◆ **DATA SUPPLIED**:

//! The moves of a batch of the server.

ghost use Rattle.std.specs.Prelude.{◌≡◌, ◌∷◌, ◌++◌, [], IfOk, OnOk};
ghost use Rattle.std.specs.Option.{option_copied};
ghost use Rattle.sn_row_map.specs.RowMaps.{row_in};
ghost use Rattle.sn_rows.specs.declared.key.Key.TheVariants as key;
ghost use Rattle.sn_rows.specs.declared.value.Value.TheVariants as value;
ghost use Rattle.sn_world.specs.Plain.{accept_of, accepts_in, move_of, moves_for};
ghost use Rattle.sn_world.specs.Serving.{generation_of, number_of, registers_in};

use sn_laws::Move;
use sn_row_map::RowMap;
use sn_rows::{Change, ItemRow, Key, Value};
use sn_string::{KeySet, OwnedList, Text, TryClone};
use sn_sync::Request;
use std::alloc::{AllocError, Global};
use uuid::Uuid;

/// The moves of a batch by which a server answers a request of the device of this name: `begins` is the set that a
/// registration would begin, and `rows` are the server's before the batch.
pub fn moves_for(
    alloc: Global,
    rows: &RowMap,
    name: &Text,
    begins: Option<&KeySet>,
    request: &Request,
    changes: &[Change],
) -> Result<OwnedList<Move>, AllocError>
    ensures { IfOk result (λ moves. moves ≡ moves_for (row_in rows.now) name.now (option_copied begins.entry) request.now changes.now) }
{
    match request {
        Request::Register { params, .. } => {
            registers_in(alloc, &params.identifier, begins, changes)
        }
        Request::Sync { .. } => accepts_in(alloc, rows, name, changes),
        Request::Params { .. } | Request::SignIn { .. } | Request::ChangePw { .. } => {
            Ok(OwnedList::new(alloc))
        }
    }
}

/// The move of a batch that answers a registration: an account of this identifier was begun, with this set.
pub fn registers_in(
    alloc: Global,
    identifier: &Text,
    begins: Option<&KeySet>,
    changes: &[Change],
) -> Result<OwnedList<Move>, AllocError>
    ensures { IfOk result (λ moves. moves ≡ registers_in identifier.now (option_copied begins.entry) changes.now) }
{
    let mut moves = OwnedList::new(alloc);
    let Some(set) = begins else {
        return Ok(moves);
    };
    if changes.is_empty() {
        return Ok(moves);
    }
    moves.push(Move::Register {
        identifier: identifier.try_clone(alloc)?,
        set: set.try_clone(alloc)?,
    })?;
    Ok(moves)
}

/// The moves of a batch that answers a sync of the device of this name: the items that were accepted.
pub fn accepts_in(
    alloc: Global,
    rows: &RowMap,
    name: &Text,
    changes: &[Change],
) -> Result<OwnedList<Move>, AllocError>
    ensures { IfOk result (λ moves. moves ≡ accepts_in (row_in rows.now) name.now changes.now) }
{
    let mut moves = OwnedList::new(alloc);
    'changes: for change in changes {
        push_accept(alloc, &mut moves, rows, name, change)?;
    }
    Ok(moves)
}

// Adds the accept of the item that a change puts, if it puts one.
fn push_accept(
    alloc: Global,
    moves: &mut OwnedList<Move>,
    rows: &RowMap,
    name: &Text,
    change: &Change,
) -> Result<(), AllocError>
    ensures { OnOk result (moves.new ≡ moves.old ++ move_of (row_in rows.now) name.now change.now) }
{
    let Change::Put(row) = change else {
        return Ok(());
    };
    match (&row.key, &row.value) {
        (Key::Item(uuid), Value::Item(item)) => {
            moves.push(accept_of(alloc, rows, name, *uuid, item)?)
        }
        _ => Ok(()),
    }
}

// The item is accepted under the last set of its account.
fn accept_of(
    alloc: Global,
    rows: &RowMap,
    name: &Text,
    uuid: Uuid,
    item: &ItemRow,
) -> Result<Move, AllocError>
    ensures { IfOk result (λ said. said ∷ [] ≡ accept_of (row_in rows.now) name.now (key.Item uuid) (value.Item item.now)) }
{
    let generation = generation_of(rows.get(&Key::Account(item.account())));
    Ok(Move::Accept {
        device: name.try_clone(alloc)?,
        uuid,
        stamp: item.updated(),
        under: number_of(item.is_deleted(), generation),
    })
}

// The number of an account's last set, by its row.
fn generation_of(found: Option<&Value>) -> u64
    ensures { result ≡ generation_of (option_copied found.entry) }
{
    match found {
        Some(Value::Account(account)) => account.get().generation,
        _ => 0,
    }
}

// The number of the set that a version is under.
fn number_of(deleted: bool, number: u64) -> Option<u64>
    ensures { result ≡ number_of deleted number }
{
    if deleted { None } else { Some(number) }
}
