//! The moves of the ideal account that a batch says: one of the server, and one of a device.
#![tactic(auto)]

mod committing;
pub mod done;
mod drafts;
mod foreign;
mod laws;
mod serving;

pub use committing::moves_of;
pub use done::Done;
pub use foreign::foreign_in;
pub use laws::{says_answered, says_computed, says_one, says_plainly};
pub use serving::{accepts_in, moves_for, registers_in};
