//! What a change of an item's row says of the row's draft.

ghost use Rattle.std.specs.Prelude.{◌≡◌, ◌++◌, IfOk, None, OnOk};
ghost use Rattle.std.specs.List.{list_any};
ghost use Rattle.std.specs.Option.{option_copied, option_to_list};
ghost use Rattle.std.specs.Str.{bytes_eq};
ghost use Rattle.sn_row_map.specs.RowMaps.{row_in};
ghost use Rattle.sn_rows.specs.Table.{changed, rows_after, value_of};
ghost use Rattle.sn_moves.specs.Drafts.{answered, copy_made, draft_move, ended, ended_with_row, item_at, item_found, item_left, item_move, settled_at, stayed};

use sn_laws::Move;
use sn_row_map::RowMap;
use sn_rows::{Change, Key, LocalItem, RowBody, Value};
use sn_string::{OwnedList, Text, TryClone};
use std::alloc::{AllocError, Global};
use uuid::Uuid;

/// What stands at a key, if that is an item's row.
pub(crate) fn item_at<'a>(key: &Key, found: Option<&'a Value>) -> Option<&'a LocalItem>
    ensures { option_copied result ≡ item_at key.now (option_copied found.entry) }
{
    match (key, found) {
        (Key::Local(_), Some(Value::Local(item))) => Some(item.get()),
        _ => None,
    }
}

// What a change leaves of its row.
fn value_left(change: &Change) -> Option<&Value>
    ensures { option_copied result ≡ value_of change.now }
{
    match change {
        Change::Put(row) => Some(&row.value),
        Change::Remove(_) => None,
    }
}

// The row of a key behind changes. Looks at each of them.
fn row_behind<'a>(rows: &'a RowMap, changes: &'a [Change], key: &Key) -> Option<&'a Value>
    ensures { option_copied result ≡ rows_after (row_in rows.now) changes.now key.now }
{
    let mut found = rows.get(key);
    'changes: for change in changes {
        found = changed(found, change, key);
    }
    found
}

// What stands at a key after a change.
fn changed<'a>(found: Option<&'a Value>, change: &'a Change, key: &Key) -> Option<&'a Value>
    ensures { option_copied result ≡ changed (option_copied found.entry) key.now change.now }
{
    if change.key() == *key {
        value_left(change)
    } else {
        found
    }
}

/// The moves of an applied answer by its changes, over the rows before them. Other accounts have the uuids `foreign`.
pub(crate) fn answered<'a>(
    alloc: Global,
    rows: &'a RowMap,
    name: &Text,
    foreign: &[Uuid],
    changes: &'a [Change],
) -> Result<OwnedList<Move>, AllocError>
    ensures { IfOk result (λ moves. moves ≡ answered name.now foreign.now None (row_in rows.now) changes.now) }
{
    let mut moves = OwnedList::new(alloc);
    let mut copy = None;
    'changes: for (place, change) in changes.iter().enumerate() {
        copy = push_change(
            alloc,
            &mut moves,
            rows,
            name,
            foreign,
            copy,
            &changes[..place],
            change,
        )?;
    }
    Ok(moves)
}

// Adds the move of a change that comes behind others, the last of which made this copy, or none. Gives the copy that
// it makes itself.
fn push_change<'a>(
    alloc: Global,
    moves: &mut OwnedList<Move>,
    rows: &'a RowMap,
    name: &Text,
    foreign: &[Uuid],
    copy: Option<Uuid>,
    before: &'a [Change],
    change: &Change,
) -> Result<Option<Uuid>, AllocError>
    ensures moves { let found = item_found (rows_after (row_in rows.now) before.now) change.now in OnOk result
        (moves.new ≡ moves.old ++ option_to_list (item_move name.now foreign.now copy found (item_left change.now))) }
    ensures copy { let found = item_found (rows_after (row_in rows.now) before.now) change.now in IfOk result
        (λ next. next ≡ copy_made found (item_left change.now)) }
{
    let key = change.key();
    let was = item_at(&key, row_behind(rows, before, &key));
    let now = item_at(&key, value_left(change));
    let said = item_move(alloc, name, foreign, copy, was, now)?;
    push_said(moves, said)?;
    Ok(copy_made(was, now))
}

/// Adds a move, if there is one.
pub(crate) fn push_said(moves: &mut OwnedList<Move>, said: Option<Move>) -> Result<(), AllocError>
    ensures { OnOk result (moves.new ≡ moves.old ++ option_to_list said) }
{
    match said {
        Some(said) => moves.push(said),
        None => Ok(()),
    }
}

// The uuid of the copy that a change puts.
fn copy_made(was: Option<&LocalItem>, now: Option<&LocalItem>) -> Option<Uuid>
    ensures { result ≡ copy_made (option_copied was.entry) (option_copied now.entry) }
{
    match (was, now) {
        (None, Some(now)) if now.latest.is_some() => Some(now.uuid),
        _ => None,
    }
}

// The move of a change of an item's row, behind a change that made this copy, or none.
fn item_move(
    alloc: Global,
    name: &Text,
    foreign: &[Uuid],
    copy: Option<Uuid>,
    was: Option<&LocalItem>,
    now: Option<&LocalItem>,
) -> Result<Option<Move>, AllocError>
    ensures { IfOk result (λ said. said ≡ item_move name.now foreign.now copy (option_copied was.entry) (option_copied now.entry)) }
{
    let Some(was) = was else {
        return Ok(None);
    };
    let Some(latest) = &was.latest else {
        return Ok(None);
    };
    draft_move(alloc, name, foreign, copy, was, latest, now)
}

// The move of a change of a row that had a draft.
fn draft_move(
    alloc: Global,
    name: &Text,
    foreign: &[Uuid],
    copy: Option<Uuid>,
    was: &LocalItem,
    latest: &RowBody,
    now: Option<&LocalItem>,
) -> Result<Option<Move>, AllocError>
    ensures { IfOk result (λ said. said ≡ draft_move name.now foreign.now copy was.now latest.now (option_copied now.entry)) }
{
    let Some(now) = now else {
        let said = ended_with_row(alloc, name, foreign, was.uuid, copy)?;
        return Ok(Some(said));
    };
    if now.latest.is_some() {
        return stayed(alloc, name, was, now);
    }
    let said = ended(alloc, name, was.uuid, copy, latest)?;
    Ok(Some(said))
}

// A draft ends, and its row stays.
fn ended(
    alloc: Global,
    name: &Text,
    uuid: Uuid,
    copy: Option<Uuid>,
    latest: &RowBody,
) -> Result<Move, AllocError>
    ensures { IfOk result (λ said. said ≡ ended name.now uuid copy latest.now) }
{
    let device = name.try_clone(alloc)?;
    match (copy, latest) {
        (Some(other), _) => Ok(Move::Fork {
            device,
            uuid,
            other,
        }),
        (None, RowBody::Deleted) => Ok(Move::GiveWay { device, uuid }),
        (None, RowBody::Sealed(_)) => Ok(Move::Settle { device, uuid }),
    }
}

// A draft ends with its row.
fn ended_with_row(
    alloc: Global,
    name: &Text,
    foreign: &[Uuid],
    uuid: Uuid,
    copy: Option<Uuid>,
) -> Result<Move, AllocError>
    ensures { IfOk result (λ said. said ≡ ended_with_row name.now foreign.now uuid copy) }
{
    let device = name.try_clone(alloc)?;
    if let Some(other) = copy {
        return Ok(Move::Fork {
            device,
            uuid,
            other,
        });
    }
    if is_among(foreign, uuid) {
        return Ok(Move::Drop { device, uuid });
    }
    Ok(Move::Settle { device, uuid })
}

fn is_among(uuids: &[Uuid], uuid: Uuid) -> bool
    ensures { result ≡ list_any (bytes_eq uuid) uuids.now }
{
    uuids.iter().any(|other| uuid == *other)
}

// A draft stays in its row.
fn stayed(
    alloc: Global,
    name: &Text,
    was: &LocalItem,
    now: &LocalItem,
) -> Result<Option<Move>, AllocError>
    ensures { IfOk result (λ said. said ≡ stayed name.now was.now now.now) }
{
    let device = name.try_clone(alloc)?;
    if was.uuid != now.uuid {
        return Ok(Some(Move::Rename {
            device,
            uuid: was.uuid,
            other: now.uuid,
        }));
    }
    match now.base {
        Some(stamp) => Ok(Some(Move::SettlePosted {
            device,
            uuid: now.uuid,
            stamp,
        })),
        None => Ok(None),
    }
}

* * *

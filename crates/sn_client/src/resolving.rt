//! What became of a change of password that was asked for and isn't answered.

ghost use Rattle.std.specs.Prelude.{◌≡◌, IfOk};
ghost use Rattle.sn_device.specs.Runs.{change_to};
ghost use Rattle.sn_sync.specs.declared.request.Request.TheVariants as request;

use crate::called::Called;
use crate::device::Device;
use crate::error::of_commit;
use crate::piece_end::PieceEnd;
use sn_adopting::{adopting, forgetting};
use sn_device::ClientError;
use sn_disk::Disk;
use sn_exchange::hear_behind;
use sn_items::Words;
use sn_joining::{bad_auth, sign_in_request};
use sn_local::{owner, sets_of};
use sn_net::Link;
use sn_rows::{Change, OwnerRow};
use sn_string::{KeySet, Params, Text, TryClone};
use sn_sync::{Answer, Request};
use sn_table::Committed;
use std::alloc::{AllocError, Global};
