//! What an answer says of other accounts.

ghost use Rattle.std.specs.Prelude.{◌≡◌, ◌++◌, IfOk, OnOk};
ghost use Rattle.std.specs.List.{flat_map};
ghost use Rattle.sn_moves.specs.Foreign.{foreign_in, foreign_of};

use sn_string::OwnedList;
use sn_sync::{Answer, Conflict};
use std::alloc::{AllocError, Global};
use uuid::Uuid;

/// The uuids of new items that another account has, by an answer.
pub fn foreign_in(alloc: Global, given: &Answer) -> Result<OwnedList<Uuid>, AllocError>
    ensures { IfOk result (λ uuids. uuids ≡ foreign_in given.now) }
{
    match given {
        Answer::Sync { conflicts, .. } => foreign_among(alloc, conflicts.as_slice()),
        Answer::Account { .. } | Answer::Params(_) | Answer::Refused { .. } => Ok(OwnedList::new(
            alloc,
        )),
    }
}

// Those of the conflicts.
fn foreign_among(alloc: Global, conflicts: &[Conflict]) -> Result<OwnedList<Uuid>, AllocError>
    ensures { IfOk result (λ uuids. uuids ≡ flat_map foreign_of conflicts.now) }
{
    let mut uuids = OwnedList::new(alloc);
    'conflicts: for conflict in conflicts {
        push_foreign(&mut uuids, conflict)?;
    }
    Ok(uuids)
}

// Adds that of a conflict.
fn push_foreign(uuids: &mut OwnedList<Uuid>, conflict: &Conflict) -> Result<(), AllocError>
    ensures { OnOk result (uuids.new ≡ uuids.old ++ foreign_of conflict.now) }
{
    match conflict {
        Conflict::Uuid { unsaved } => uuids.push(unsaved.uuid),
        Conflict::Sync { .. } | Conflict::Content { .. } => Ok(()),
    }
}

* * *

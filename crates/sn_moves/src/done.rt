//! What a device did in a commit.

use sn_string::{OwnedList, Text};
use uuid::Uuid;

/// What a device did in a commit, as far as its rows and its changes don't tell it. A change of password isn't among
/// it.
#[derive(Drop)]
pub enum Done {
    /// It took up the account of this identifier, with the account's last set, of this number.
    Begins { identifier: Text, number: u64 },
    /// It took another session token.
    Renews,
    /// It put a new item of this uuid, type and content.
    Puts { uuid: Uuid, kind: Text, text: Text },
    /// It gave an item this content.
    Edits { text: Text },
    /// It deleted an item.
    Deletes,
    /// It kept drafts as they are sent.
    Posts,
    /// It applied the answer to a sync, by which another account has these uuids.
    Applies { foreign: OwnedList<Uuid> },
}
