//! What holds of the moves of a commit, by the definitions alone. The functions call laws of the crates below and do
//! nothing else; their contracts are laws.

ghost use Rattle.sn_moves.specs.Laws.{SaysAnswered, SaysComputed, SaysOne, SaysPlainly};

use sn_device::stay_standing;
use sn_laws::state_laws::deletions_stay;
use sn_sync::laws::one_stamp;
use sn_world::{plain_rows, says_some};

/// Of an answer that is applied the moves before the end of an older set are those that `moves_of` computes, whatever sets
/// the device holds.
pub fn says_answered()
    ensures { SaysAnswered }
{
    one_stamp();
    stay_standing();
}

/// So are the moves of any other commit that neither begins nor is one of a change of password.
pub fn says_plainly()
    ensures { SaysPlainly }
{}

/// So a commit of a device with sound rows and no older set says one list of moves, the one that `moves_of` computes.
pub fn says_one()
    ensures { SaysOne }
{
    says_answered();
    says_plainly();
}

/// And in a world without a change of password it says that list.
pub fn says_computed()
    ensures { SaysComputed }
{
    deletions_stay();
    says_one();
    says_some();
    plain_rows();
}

◆ **WHAT TO WORK ON**: Within the listing above, locate the line containing "of the server." and the line containing "ghost use Rattle.sn_rows.specs.declared.key.Key.TheVariants". Reproduce those two lines and all lines between them exactly, with nothing added.

◆ **ANSWER BOX**:
//! The moves of a batch of the server.

ghost use Rattle.std.specs.Prelude.{◌≡◌, ◌∷◌, ◌++◌, [], IfOk, OnOk};
ghost use Rattle.std.specs.Option.{option_copied};
ghost use Rattle.sn_row_map.specs.RowMaps.{row_in};
ghost use Rattle.sn_rows.specs.declared.key.Key.TheVariants as key;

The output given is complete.